Remember that an electron, normally a particle with mass and a tendency to hit things, behaves like a neutrino within graphene. It has effectively no mass and travels at just about the speed of light. Yet that speed of light is not c, the speed of light in a vacuum: graphene's electronic speed of light is some 300 times slower.
But because exactly the same equations and behaviour apply to graphene's ballistic electrons at their speed of light as do to normal particles at c, all sorts of real-world physics becomes open to exploration. Classes of unfeasibly energetic experiments which rely on making ordinary particles go at close to c become entirely possible with graphene electrons and far more modest resources.
Geim and his co-workers suggest one such. Normal electrons can tunnel through potential barriers: as the barriers get higher the tunnelling becomes exponentially less likely to happen.
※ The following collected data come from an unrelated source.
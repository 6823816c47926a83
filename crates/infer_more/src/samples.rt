//! A sample of each row: a short buffer that has it as its answer.
ghost use Rattle.std.specs.Prelude.{◌≡◌, ◌+◌, ◌-◌, ◌<◌, ◌≤◌, ◌⊎◌, ◌↔◌, ℕ, [], ◌++◌, IfSome, IsNone, IsSome, IsTrue, List, length, map, option_and_then, option_map, slice_get, take};
ghost use Rattle.std.specs.List.{list_all};
ghost use Rattle.infer.specs.First.{IsFirst};
ghost use Rattle.infer.specs.Row.{Accepts};
ghost use Rattle.infer.specs.Samples.{put, with_part, with_parts, zeros};
ghost use Rattle.infer.specs.Table as built_in;
ghost use Rattle.infer_more.specs.Listed.{alternative_listed, part_listed, row_listed};
ghost use Rattle.infer_more.specs.Row.{is_inside};
ghost use Rattle.infer_more.specs.Samples.{HasAnswer, HasNoSample, built_in_sample, further_sample, has_room, model, parent_sample, parts_of, prolog, sample_at, written};
ghost use Rattle.infer_formats.specs.Relation.{least_of, model_listed};
ghost use Rattle.infer_more.specs.Table.{further};
ghost use Rattle.infer_more.specs.Wider.{AcceptsAt, IsWider};
ghost use Rattle.infer.specs.declared.samples.TheConstants as built_in_samples;
ghost use Rattle.infer_more.specs.declared.samples.TheConstants.{SAMPLE_SIZE};

use crate::laws;
use crate::row_data::{
    Alternative, FurtherRow, Piece, alternatives_of, asked, pieces_of, relation_at, row_at,
};
use infer::rows::{DLL, EPUB_ARCHIVE, HTML, ROW_COUNT, XML};
use infer_formats::model::Model;

/// The most bytes that a sample has, with some to spare.
pub const SAMPLE_SIZE: usize = 32774;

/// Writes the text over `out`, from the place on.
fn put(place: usize, text: &[u8], out: &mut [u8])
    requires { place + length text.now ≤ length out.old }
    ensures { out.new ≡ put place text.now out.old }
{
    out[place..place + text.len()].copy_from_slice(text);
}

/// Writes what the piece asks for.
fn put_piece(piece: &Piece, out: &mut [u8])
    requires { IsTrue (is_inside (length out.old) (part_listed piece.now)) }
    ensures { out.new ≡ with_part (part_listed piece.now) out.old }
{
    match piece {
        Piece::At(place, text) => put(*place, asked(*text), out),
        Piece::OneOf(place, bytes) => match asked(*bytes).first() {
            Some(byte) => put(*place, &[*byte], out),
            None => put(*place, &[0], out),
        },
        Piece::Between(place, low, _) => put(*place, &[*low], out),
    }
}

/// Writes what each piece asks for.
fn put_pieces(pieces: &[Piece], out: &mut [u8])
    requires { IsTrue (list_all (is_inside (length out.old)) (map part_listed pieces.now)) }
    ensures { out.new ≡ with_parts (map part_listed pieces.now) out.old }
{
    for piece in pieces {
        put_piece(piece, out);
    }
}

/// Writes the texts of the model, each at its place.
fn put_texts(model: &Model<'_>, out: &mut [u8])
    requires few { model.now.count ≤ 5 }
    requires room { IsTrue (list_all (is_inside (length out.old))
        (parts_of (model_listed model.now))) }
    ensures { out.new ≡ with_parts (parts_of (model_listed model.now)) out.old }
{
    for placed in &model.texts[..model.count] {
        put(placed.place, placed.text.bytes(), out);
    }
}

/// What stands before the root element in a sample, so that it has this parent.
fn prolog(parent: Option<usize>) -> &'static [u8]
    ensures { result.now ≡ prolog parent }
{
    match parent {
        Some(XML) => b"<?xml?>",
        Some(HTML) => b"<!-- -->",
        _ => b"",
    }
}

/// Writes a sample of the alternative over what is there: the root element after that prolog.
fn put_model(prolog: &'static [u8], alternative: &Alternative, out: &mut [u8])
    requires least { least_of (model prolog.now (alternative_listed alternative.now)) ≤ SAMPLE_SIZE }
    requires room { IsTrue (list_all (is_inside (length out.old))
        (parts_of (model prolog.now (alternative_listed alternative.now)))) }
    ensures { out.new
        ≡ with_parts (parts_of (model prolog.now (alternative_listed alternative.now))) out.old }
{
    match alternative {
        Alternative::Bytes(bytes) => put_pieces(pieces_of(bytes), out),
        Alternative::BinaryBytes(bytes) => put_pieces(pieces_of(bytes), out),
        Alternative::Related(number) => put_texts(&relation_at(*number).model(prolog), out),
    }
}

/// The length of that sample.
fn model_length(prolog: &[u8], alternative: &Alternative) -> usize
    requires { least_of (model prolog.now (alternative_listed alternative.now)) ≤ SAMPLE_SIZE }
    ensures { result ≡ least_of (model prolog.now (alternative_listed alternative.now)) }
{
    match alternative {
        Alternative::Bytes(bytes) => bytes.least,
        Alternative::BinaryBytes(bytes) => bytes.least,
        Alternative::Related(number) => relation_at(*number).model(prolog).least,
    }
}

/// Writes the sample of built-in row `i`.
#[tactic(auto, using(crate::proofs::WrittenLemmas::none_built_in, crate::proofs::WrittenLemmas::put_front, crate::proofs::WrittenLemmas::some_built_in))]
fn built_in(i: usize, out: &mut [u8; SAMPLE_SIZE]) -> Option<usize>
    ensures none { IsNone result ↔ ((i ≡ DLL) ⊎ (i ≡ EPUB_ARCHIVE) ⊎ (ROW_COUNT ≤ i)) }
    ensures counted { result ≡ option_map length (built_in_sample i) }
    ensures written { out.new ≡ written (built_in_sample i) out.old }
    ensures fits { IfSome result (λ n. n ≤ built_in_samples.SAMPLE_SIZE) }
    ensures first { IfSome result (λ n. IsFirst (Accepts (take n out.new)) built_in.table i) }
{
    let mut bytes = [0; infer::SAMPLE_SIZE];
    let n = infer::sample(i, &mut bytes)?;
    *out = [0; SAMPLE_SIZE];
    put(0, &bytes[..n], out);
    Some(n)
}

/// Writes the sample of the parent with zeros after it, and gives its length.
#[tactic(auto, using(crate::proofs::WrittenLemmas::counted_parent, crate::proofs::WrittenLemmas::written_parent))]
fn parent(parent: Option<usize>, out: &mut [u8; SAMPLE_SIZE]) -> usize
    ensures counted { result ≡ length (parent_sample parent) }
    ensures fits { result ≤ built_in_samples.SAMPLE_SIZE }
    ensures written { out.new ≡ parent_sample parent ++ zeros (SAMPLE_SIZE - result) }
{
    *out = [0; SAMPLE_SIZE];
    match parent {
        Some(row) => built_in(row, out).unwrap_or(0),
        None => 0,
    }
}

/// Writes the sample of a further row.
fn of_row(row: &FurtherRow, out: &mut [u8; SAMPLE_SIZE]) -> Option<usize>
    requires { IsTrue (has_room (row_listed row.now)) }
    ensures counted { result ≡ option_map length (further_sample (row_listed row.now)) }
    ensures written { out.new ≡ written (further_sample (row_listed row.now)) out.old }
    ensures fits { IfSome result (λ n. n ≤ SAMPLE_SIZE) }
    ensures some { IsSome result }
{
    let alternative = alternatives_of(row).first()?;
    let prolog = prolog(row.parent);
    let n = parent(row.parent, out).max(model_length(prolog, alternative));
    put_model(prolog, alternative, &mut out[..n]);
    Some(n)
}

/// Writes the sample of further row `i`, counted among these.
fn further(i: usize, out: &mut [u8; SAMPLE_SIZE]) -> Option<usize>
    ensures none { IsNone result ↔ (length further ≤ i) }
    ensures counted { result ≡ option_map length
        (option_and_then further_sample (slice_get further i)) }
    ensures written { out.new ≡ written (option_and_then further_sample
        (slice_get further i)) out.old }
    ensures fits { IfSome result (λ n. n ≤ SAMPLE_SIZE) }
    ensures answers { IfSome result (λ n. IsWider (take n out.new) (Some (ROW_COUNT + i))) }
{
    laws::reach();
    laws::room();
    of_row(row_at(i)?, out)
}

/// Writes the sample of row `i`, built-in or further, to the front of `out`, and zeros after it, and gives its length.
///
/// A built-in row is the first that accepts its sample, and a further row is the wider answer of its own. Rows [`DLL`]
/// and [`EPUB_ARCHIVE`] are first for no buffer: for these, and where there is no row, the answer is `None`, and `out`
/// stays as it was.
#[tactic(auto, using(crate::proofs::WrittenLemmas::none_above, crate::proofs::WrittenLemmas::none_below))]
pub fn sample(i: usize, out: &mut [u8; SAMPLE_SIZE]) -> Option<usize>
    ensures none { IsNone result ↔ HasNoSample i }
    ensures counted { result ≡ option_map length (sample_at i) }
    ensures written { out.new ≡ written (sample_at i) out.old }
    ensures fits { IfSome result (λ n. n ≤ SAMPLE_SIZE) }
    ensures answers { IfSome result (λ n. HasAnswer i (take n out.new)) }
{
    if i < ROW_COUNT {
        return built_in(i, out);
    }
    further(i - ROW_COUNT, out)
}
Yet theory suggests that at very high speeds and with very high barriers, electrons will start to find it easier to get across as the barriers get taller. This is called the Klein Paradox, and demonstrating it in the universe outside graphene would need the sort of conditions you find close to an exotically heavy nucleus or, if you're particularly keen, a black hole. In graphene, you may be able to recreate an appropriate barrier with an ordinary semiconductor junction: there's talk of desktop super-colliders.
Other areas that graphene may illuminate include direct observation for the first time of relativistic electrons generating their own anti-particles – and there are even suggestions that some aspects of string theory, long thought to lie well beyond practical observation, may become testable.
All these thoughts has sparked a rush to explore graphene: new ideas are appearing just about as fast as people can think them up. While the ultimate impact of these discoveries will take many years to work out, few in the field deny that a a new class of physics, with considerable practical and theoretical implications, is opening up. Not bad for a bit of pencil lead and some sticky tape.